A few different models for clinical interventions are available for community pharmacies to leverage, such as chain contracts, closed networks, direct billing through a collaborative practice agreement, and internal organization programs. However, a tech-enabled intervention model like the one TDS provides offers many advantages. Tech-enabled interventions enable pharmacies to identify interventions, put them in a streamlined display, create accurate documentation, and diversify revenue streams through value-based agreements.
The integrated model from TDS lists every clinical opportunity in one place so that community pharmacists can quickly see each one. Similar to a prescription queue, the model shows the patient, the opportunity, and the needed intervention. It also allows for contract coordination with payers, analytics done in a central model for network pharmacies, and coordinated and timely display of interventions. Additionally, the model has one point of processing for payments, which can help alleviate the paperwork required to contract each payer.
“With all of this coordination, the pharmacy can now focus on performing these interventions,” Koskinas said. “They don’t have to worry about documenting because of the streamlined documentation system, and…this is going to help diversify revenue by completing these clinical opportunities.”

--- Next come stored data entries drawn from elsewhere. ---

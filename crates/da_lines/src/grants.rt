// Grants: which requests of masters are given a user.

ghost use Rattle.std.specs.Prelude.{◌≡◌, ◌<◌, ◌^◌, ◌-◌, IfOk, length};
ghost use Rattle.da_base.specs.Words.{nth};
ghost use Rattle.da_lines.specs.Grants.{login_grant, grant_for, grant_on, granted};

use crate::logins::{is_fresh, lookup_for};
use da_request::{Grant, Request};
use da_settings::Settings;
use da_tables::Tables;
use std::alloc::{AllocError, Global};

/// The grant of the login of this number: where it may still be used, and serves no other request of a master.
pub fn login_grant(
    alloc: Global,
    settings: &Settings,
    moment: u64,
    serves: bool,
    number: u32,
    request: &Request,
) -> Result<Option<Grant>, AllocError>
    ensures { IfOk result (λ grant. grant ≡ login_grant settings.now moment serves number request.now) }
{
    if !is_fresh(request, moment) || serves {
        return Ok(None);
    }
    match lookup_for(request, alloc, settings)? {
        Some(lookup) => Ok(Some(Grant {
            request: number,
            lookup,
        })),
        None => Ok(None),
    }
}

fn grant_for(
    tables: &Tables,
    alloc: Global,
    settings: &Settings,
    moment: u64,
    number: u32,
) -> Result<Option<Grant>, AllocError>
    ensures { IfOk result (λ grant. grant ≡ grant_for settings.now moment tables.now number (nth tables.now.requests number)) }
{
    match tables.request(number) {
        Some(request) => {
            let serves = tables.is_used(number);
            login_grant(alloc, settings, moment, serves, number, request)
        }
        None => Ok(None),
    }
}

/// The grant by a connection, if it has this cookie.
fn grant_on(
    tables: &Tables,
    alloc: Global,
    settings: &Settings,
    moment: u64,
    client: u32,
    cookie: &[u8],
    conn: u32,
) -> Result<Option<Grant>, AllocError>
    requires { length tables.now.requests < 2 ^ 32 - 1 }
    ensures { IfOk result (λ grant. grant ≡ grant_on settings.now moment tables.now client cookie.now conn (nth tables.now.connections conn)) }
{
    let Some(connection) = tables.connection(conn) else {
        return Ok(None);
    };
    if connection.cookie.bytes() != cookie {
        return Ok(None);
    }
    let number = tables.request_number(conn, client);
    grant_for(tables, alloc, settings, moment, number)
}

/// The grant of a master's request, if it is granted: it names the process number of an open client connection, that
/// connection's cookie, and a request there that was told OK, at most 150,000 ms ago, and is neither cancelled nor used.
#[tactic(auto, unfolding(crate::specs::Grants::granted))]
pub fn granted(
    tables: &Tables,
    alloc: Global,
    settings: &Settings,
    moment: u64,
    pid: u32,
    client: u32,
    cookie: &[u8],
) -> Result<Option<Grant>, AllocError>
    requires requests { length tables.now.requests < 2 ^ 32 - 1 }
    requires connections { length tables.now.connections < 2 ^ 32 - 1 }
    ensures { IfOk result (λ grant. grant ≡ granted settings.now moment tables.now pid client cookie.now) }
{
    let conn = tables.connection_with(pid);
    grant_on(tables, alloc, settings, moment, client, cookie, conn)
}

To demonstrate how integrated clinical interventions can be successful in community pharmacies, TDS completed a 2-month trial with a national health plan. The pilot program included 2 value-based interventions—a gap-in-therapy and adherence-based interventions targeting statins and diabetic medications—for a network of independent community pharmacies. The trial found that pharmacies completed 20% of adherence interventions over the study period, which resulted in significant clinical revenue earnings.
In total, $220,000 in clinical revenue was passed on to pharmacies from TDS for completed clinical interventions during the 2-month study period. Additionally, the trial results showed that even though the statin gap-in-therapy intervention (which required extra provider outreach) had a higher reimbursement rate, only 10% worked. In 2022, TDS ran a similar pilot program with a national plan that lasted for 6 months. In that trial, $500,000 in clinical revenue was passed on to pharmacies.
“Our ultimate goal is to get our network to be the highest-completing clinical intervention, nonclinical intervention network that’s out there,” Koskinas said. “We want to see that 20%, and we want to see it continue to grow to 30%, 40%. The higher completion rates we get, the easier it is for me to push more clinical interventions into the network. And it benefits everybody— your patient, your business. It’s a great model, and I’m really happy to see the movement we’ve seen so far.”
Koskinas added that TDS learned many different lessons from the 2 trials it has conducted. First, the company learned that patient-only interventions show greater success. Second, “value” will vary based on intervention type and outcome goal. Third, payers may want to vary the payments they offer throughout the year based on specific priorities. Fourth, repeated education and communication are required. And lastly, reporting must be customizable.
“At TDS, with our comprehensive solutions platform—this includes our integrated clinical opportunities, Opportunities Now, AideRX, and Prescribe Wellness—it allows for optimization… and patient engagement,” Koskinas said. “Our solutions enable pharmacies to go beyond the counter by leveraging clinical opportunities for success.”